Top of Source material

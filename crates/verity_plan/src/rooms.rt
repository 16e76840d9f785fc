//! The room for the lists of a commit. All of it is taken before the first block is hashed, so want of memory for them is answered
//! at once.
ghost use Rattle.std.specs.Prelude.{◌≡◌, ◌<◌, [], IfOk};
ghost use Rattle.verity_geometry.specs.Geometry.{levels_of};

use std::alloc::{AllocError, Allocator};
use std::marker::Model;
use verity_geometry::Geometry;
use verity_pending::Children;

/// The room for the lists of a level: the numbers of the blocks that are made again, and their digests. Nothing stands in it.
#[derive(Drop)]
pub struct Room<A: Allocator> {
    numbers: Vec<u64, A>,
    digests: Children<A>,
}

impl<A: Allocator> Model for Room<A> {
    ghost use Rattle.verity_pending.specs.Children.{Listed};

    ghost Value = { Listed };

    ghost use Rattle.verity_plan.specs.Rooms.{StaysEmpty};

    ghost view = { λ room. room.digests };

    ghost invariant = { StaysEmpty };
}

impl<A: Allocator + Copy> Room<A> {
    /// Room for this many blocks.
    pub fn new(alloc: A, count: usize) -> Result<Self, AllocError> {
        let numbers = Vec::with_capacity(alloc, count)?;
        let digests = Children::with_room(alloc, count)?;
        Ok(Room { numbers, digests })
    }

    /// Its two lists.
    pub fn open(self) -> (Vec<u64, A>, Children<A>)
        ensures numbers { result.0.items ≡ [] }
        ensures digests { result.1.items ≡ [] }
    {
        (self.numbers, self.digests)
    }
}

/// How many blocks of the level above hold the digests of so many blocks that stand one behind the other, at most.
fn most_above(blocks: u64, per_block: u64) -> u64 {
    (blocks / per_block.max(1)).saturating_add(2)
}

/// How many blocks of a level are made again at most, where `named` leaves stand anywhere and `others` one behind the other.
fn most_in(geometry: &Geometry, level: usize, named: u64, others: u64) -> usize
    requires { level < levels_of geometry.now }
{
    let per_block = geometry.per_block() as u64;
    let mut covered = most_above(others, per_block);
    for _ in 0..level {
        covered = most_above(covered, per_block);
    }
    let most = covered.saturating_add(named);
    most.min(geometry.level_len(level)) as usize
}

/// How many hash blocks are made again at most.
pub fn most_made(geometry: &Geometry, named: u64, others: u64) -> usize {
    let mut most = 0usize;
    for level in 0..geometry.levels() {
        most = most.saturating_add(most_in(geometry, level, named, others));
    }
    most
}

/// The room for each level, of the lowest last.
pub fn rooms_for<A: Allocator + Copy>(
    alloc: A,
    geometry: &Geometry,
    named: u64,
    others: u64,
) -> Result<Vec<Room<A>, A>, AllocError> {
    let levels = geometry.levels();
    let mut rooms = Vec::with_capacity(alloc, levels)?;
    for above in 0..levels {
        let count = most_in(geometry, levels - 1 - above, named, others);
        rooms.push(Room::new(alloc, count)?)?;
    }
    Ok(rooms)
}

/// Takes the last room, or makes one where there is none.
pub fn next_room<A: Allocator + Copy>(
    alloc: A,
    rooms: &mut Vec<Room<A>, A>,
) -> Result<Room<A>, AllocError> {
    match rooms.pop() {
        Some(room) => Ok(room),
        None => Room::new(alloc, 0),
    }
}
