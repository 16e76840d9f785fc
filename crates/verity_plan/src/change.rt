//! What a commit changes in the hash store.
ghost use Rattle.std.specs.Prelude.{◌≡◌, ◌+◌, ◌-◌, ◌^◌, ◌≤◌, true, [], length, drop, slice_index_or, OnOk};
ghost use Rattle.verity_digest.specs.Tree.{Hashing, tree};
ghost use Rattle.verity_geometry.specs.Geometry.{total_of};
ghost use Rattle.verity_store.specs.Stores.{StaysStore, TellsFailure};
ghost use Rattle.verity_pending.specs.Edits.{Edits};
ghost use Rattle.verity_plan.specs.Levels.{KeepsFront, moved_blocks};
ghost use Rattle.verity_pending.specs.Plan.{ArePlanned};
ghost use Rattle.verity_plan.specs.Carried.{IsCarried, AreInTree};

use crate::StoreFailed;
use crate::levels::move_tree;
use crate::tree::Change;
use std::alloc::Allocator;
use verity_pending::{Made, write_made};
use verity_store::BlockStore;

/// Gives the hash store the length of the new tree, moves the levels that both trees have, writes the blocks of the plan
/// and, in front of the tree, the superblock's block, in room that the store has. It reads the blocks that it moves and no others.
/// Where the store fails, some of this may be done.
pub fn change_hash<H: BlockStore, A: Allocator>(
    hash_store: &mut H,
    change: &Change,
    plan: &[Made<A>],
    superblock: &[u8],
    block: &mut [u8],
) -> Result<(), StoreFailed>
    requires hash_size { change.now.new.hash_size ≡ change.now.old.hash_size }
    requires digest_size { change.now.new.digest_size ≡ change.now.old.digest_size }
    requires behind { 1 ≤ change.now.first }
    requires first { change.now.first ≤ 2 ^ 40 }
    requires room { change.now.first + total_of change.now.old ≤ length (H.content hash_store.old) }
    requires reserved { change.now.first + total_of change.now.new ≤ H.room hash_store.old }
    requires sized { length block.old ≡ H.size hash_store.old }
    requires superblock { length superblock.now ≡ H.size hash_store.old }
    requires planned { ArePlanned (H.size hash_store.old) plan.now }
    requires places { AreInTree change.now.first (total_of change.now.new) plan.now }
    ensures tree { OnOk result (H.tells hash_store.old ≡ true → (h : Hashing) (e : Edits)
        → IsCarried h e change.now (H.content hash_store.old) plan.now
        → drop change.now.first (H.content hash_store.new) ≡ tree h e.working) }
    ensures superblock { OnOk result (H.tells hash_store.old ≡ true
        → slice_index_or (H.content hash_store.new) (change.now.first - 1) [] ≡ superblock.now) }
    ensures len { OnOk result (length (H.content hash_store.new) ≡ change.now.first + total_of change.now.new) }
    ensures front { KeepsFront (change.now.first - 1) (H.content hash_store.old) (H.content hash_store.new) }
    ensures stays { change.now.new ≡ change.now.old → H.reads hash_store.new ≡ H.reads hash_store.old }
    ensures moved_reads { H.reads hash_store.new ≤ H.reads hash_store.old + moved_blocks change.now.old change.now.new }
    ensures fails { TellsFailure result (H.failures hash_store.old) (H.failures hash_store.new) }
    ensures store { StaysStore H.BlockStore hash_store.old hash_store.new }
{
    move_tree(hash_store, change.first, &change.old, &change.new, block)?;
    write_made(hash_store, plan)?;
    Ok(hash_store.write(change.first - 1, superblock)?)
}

Bottom of Source material
Top of Source material

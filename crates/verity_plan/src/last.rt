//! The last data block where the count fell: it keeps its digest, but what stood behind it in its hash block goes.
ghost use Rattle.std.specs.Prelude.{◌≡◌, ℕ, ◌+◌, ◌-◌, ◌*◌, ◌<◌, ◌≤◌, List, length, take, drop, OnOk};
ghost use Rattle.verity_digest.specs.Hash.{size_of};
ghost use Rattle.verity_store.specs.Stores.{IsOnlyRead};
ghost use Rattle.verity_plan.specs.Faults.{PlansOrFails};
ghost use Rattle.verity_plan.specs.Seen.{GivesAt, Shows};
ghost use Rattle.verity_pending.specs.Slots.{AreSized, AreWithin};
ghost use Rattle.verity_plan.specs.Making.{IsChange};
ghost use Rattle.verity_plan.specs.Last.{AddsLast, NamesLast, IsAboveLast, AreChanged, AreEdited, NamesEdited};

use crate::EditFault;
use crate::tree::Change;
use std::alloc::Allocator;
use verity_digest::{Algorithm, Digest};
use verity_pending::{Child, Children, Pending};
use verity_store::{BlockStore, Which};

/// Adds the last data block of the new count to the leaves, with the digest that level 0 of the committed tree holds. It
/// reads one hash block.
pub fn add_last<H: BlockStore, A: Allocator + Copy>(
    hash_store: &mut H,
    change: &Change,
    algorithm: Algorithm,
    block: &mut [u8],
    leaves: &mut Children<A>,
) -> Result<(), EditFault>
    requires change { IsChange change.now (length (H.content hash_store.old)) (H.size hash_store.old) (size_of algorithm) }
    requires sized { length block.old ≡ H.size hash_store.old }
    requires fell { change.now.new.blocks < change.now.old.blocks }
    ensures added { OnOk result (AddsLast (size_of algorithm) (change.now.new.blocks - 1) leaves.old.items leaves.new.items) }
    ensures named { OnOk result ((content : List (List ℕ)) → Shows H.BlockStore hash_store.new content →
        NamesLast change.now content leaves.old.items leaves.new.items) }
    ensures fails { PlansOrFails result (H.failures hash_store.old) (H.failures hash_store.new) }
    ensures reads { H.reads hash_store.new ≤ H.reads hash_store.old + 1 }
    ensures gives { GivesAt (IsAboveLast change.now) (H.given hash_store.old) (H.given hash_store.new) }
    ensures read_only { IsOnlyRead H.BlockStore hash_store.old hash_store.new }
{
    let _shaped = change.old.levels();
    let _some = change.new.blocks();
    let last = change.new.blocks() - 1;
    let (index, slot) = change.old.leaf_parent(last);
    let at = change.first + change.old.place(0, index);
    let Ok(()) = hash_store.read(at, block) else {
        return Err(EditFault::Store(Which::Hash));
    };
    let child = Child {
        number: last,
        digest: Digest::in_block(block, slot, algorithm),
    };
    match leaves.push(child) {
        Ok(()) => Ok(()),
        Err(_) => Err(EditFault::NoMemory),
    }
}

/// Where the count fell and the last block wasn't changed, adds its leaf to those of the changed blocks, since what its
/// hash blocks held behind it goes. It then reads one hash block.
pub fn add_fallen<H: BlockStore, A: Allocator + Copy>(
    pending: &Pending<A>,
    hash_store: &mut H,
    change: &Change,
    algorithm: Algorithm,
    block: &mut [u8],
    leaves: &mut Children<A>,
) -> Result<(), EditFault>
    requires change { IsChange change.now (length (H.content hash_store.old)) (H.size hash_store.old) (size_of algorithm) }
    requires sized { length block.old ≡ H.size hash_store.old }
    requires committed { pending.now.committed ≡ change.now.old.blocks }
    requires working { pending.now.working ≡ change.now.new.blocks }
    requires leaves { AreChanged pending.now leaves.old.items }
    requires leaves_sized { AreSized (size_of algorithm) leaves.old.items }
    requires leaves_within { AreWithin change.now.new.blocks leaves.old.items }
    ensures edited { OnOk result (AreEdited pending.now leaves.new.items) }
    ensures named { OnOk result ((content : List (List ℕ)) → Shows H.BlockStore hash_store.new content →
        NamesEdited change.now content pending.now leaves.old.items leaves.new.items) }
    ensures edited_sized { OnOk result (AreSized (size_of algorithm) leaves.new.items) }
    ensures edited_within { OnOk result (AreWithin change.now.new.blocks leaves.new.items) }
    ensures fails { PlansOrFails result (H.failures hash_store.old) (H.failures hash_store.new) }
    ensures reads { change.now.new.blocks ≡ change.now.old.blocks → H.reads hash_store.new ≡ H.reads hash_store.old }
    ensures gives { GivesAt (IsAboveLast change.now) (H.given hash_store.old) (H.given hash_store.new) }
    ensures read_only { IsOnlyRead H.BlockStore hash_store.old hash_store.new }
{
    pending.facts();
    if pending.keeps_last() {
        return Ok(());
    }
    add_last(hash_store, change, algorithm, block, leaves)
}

Bottom of Source material
Top of Source material

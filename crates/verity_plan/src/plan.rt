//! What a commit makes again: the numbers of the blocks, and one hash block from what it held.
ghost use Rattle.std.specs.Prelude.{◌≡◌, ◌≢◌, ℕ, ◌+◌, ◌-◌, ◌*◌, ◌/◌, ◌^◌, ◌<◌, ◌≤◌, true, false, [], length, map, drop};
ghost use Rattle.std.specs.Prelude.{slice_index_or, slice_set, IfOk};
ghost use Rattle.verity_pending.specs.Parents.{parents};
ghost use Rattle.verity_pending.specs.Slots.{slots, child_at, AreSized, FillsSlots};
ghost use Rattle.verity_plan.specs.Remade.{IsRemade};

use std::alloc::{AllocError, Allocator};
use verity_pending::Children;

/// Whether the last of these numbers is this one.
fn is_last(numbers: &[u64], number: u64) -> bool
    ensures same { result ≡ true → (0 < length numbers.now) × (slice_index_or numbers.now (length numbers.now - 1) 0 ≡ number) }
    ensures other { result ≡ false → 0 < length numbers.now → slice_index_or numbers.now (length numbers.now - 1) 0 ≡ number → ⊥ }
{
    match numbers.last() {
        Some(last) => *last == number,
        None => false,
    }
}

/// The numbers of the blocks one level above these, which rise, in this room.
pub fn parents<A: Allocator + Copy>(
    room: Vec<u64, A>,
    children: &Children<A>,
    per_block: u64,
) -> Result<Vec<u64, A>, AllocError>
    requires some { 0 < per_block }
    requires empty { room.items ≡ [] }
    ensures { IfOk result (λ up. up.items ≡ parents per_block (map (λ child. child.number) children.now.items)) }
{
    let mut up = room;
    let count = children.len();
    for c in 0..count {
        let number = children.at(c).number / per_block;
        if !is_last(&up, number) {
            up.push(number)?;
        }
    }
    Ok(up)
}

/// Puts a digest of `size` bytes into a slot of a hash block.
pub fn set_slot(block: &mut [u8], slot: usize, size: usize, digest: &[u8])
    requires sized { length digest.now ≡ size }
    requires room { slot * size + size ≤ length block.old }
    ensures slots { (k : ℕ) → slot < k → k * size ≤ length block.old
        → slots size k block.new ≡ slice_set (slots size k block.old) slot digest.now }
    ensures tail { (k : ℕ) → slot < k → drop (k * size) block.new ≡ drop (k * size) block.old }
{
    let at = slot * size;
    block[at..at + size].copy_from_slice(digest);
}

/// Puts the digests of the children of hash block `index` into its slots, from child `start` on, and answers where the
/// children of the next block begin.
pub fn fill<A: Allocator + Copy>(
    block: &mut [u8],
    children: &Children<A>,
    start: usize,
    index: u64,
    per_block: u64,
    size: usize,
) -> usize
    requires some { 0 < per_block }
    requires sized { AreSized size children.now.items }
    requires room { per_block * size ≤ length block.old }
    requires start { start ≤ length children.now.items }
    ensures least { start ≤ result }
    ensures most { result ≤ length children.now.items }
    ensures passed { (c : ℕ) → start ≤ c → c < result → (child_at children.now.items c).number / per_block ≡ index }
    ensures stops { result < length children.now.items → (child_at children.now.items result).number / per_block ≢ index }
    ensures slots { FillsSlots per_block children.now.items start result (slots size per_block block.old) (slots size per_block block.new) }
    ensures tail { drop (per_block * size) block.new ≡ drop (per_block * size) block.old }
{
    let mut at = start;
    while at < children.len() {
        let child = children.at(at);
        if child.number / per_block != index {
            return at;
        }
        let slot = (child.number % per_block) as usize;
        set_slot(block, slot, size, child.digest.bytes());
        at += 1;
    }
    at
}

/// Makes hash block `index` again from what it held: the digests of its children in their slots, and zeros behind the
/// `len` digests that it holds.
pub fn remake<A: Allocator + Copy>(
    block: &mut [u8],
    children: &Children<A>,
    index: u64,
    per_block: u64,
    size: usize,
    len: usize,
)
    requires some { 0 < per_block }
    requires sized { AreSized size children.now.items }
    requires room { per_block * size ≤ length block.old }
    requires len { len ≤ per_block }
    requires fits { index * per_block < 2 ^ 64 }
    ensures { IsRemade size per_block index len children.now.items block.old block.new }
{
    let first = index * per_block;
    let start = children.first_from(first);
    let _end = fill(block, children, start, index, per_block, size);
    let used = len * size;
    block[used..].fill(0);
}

Bottom of Source material

◆ Problem:
Your reply is to be the number of lines above in which the word "AllocError" appears, and nothing else.

◆ Solution below:
6